-------- Exercise input
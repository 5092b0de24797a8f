//! Runs over streams in parts, wherever they are cut, against runs over the whole.

use super::rows::next_bytes;
use super::runs::{Case, LIMITS, text};
use super::same::same_at;
use ion_meter::fault::Fault;
use ion_meter::meter::Meter;
use ion_meter::profile::Profile;
use ion_meter::stream::ToWrite;
use ion_symbols::catalog::Catalog;
use ion_test_support::fields::{Fields, is_row};
use ion_transcode::in_parts::{Part, Taken, run_part};
use ion_transcode::to::To;
use std::alloc::Global;
use std::process::Abort;
use std::test::Fail;

/// What is known of a stream between two calls.
#[derive(Drop)]
struct Progress<'c> {
    catalog: &'c Catalog<Global>,
    kept: Vec<u8>,
    /// How many bytes were taken, and how many values.
    taken: usize,
    values: u64,
    written: Vec<u8>,
}

/// Runs a part, and answers what it took.
fn call(
    rt: &impl Abort,
    alloc: Global,
    case: &Case,
    to: To,
    now: &mut Progress<'_>,
    until: usize,
    last: bool,
) -> Result<u64, Fault> {
    assert!(rt; case.limits.check());
    assert!(rt; now.taken <= until && until <= case.input.len());
    let part = Part {
        bytes: &case.input[now.taken..until],
        last,
    };
    let mut meter = Meter::new(alloc);
    let output = ToWrite::new(Vec::new(alloc));
    let (outcome, output) = run_part(
        &mut meter,
        now.catalog,
        case.limits,
        Profile::strict(),
        to,
        now.kept.as_slice(),
        part,
        output,
    );
    assert!(rt; meter.held() == 0);
    let written = output.into_inner();
    assert!(rt; now.written.extend_from_slice(written.as_slice()).is_ok());
    match outcome {
        Err(Fault::Refused(reason, place)) => {
            Err(Fault::Refused(reason, place.saturating_add(now.taken as u64)))
        }
        Err(fault) => Err(fault),
        Ok(
            Taken {
                bytes,
                values,
                stays,
                more,
            },
        ) => {
            if !stays {
                now.kept.clear();
            }
            assert!(rt; now.kept.extend_from_slice(more).is_ok());
            now.taken = now.taken.saturating_add(bytes as usize);
            now.values = now.values.saturating_add(values);
            Ok(bytes)
        }
    }
}

/// Takes all that can be taken of the first bytes of a stream, before its last part.
fn take_all(
    rt: &impl Abort,
    alloc: Global,
    case: &Case,
    to: To,
    now: &mut Progress<'_>,
    until: usize,
) -> Result<(), Fault> {
    for _ in 0..case.input.len() {
        match call(rt, alloc, case, to, now, until, false) {
            Err(fault) => return Err(fault),
            Ok(0) => return Ok(()),
            Ok(_) => {}
        }
    }
    Ok(())
}

/// Runs a stream whose bytes come in these pieces, as far as it goes.
fn run_pieces(
    rt: &impl Abort,
    alloc: Global,
    case: &Case,
    to: To,
    ends: &[usize],
    now: &mut Progress<'_>,
) -> Result<u64, Fault> {
    for end in ends {
        take_all(rt, alloc, case, to, now, *end)?;
    }
    call(rt, alloc, case, to, now, case.input.len(), true)?;
    Ok(now.values)
}

/// Asserts that the pieces have the verdict and the output of the whole.
fn expect_pieces(
    rt: &impl Abort,
    alloc: Global,
    case: Case,
    to: To,
    at: usize,
    ends: &[usize],
    shown: &[u8],
) -> usize {
    let catalog = Catalog::new(&Meter::new(alloc));
    let mut now = Progress {
        catalog: &catalog,
        kept: Vec::new(alloc),
        taken: 0,
        values: 0,
        written: Vec::new(alloc),
    };
    let outcome = run_pieces(rt, alloc, &case, to, ends, &mut now);
    let want = case.want.map(|summary| summary.values);
    let given = (outcome, now.written.as_slice());
    same_at(rt, "in parts", case.row, at, given, (want, shown));
    now.kept.len()
}

/// Asserts that a stream in parts has the verdict and the output of the whole, wherever it is cut, and if it
/// comes byte by byte.
pub fn expect_parts(rt: &impl Abort, alloc: Global, case: Case, to: To, shown: &[u8]) {
    let mut ends = Vec::new(alloc);
    for at in 0..case.input.len() {
        expect_pieces(rt, alloc, case, to, at, &[at], shown);
        assert!(rt; ends.push(at).is_ok());
    }
    expect_pieces(rt, alloc, case, to, 0, ends.as_slice(), shown);
}

/// Asserts that all of a binary stream is taken before its last part.
pub fn expect_all_taken(rt: &impl Abort, alloc: Global, case: Case) {
    let catalog = Catalog::new(&Meter::new(alloc));
    let mut now = Progress {
        catalog: &catalog,
        kept: Vec::new(alloc),
        taken: 0,
        values: 0,
        written: Vec::new(alloc),
    };
    let end = case.input.len();
    let _ = take_all(rt, alloc, &case, To::Text, &mut now, end);
    same_at(rt, "all taken", case.row, 0, now.taken, end);
}

/// Texts, what is taken of them before their last part, and what is kept then.
const TEXTS: &str = r#"
1%0A2%0A3|1%0A2%0A|%0A|
1%0A2%0A|1%0A2%0A|%0A|
[%0A1,%0A2]%0A[|[%0A1,%0A2]%0A|%0A|
"a"%0A|||
"a"%0A"b"|"a"%0A|%0A|
"a"%0A 'b'|||
$ion_symbol_table::{symbols:["a"]}%0A$10%0A[$10]%0A|$ion_symbol_table::{symbols:["a"]}%0A$10%0A[$10]%0A|$ion_symbol_table::{symbols:["a"]}%0A|
$ion_1_0%0A$ion_symbol_table::{symbols:["a"]}%0A[$10]%0A$ion_1_0%0A[1]%0A|$ion_1_0%0A$ion_symbol_table::{symbols:["a"]}%0A[$10]%0A$ion_1_0%0A[1]%0A|%0A|
$ion_symbol_table::{symbols:["a"]} [$10]%0A[1]%0A|||
  1%0A  2%0A|  1%0A  2%0A|%0A|
'''a%0A''' 1%0A|'''a%0A''' 1%0A|%0A|
1 /*%0A*/ 2%0A|1 /*%0A*/ 2%0A|%0A|
// a%0A1%0A|// a%0A1%0A|%0A|
1%0A// a%0A|1%0A// a%0A|%0A|
// a%0A$ion_symbol_table::{symbols:["a"]}%0A[$10]%0A|// a%0A$ion_symbol_table::{symbols:["a"]}%0A[$10]%0A|%0A$ion_symbol_table::{symbols:["a"]}%0A|
$3::{symbols:["a"]}%0A[$10]%0A|$3::{symbols:["a"]}%0A[$10]%0A|$3::{symbols:["a"]}%0A|
$ion_symbol_table::{symbols:["$ion_symbol_table"]}%0A$10::{symbols:["b"]}%0A[$10]%0A|$ion_symbol_table::{symbols:["$ion_symbol_table"]}%0A$10::{symbols:["b"]}%0A[$10]%0A|$ion_symbol_table::{symbols:["$ion_symbol_table"]}%0A$10::{symbols:["b"]}%0A|
"#;

/// Asserts what is taken of a text before its last part, and what is kept.
fn expect_taken(rt: &impl Abort, alloc: Global, row: &str) {
    let mut fields = Fields::of(row);
    let input = next_bytes(rt, alloc, &mut fields);
    let taken = next_bytes(rt, alloc, &mut fields);
    let kept = next_bytes(rt, alloc, &mut fields);
    let catalog = Catalog::new(&Meter::new(alloc));
    let mut now = Progress {
        catalog: &catalog,
        kept: Vec::new(alloc),
        taken: 0,
        values: 0,
        written: Vec::new(alloc),
    };
    let case = Case {
        row,
        limits: LIMITS,
        input: input.as_slice(),
        want: text(0),
    };
    let end = case.input.len();
    let _ = take_all(rt, alloc, &case, To::Text, &mut now, end);
    same_at(rt, "taken", row, 0, now.taken, taken.len());
    same_at(rt, "kept", row, 0, now.kept.as_slice(), kept.as_slice());
}

#[test]
fn texts_are_taken_by_lines(rt: HostRuntime) {
    for row in TEXTS.split('\n') {
        if is_row(row) {
            expect_taken(&rt, rt.alloc(), row);
        }
    }
}

/// Asserts that one call takes so many bytes of a text that is not the last part.
fn expect_one_call(rt: &impl Abort, alloc: Global, input: &[u8], taken: u64) {
    let catalog = Catalog::new(&Meter::new(alloc));
    let mut now = Progress {
        catalog: &catalog,
        kept: Vec::new(alloc),
        taken: 0,
        values: 0,
        written: Vec::new(alloc),
    };
    let case = Case {
        row: "many lines",
        limits: LIMITS,
        input,
        want: text(0),
    };
    let outcome = call(rt, alloc, &case, To::Text, &mut now, input.len(), false);
    assert!(rt; outcome == Ok(taken));
}

#[test]
fn many_lines_are_taken_by_one_call(rt: HostRuntime) {
    let alloc = rt.alloc();
    let mut strings = Vec::new(alloc);
    let mut lists = Vec::new(alloc);
    for _ in 0..100u32 {
        assert!(&rt; strings.extend_from_slice(b"\"a\"\n").is_ok());
        assert!(&rt; lists.extend_from_slice(b"[a]\n").is_ok());
    }
    // The last string may go on.
    expect_one_call(&rt, alloc, strings.as_slice(), 396);
    expect_one_call(&rt, alloc, lists.as_slice(), 400);
}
----------------
- **Assignment**
Only a number is expected here: how many lines above contain the word "ends".

- **Finished task**
7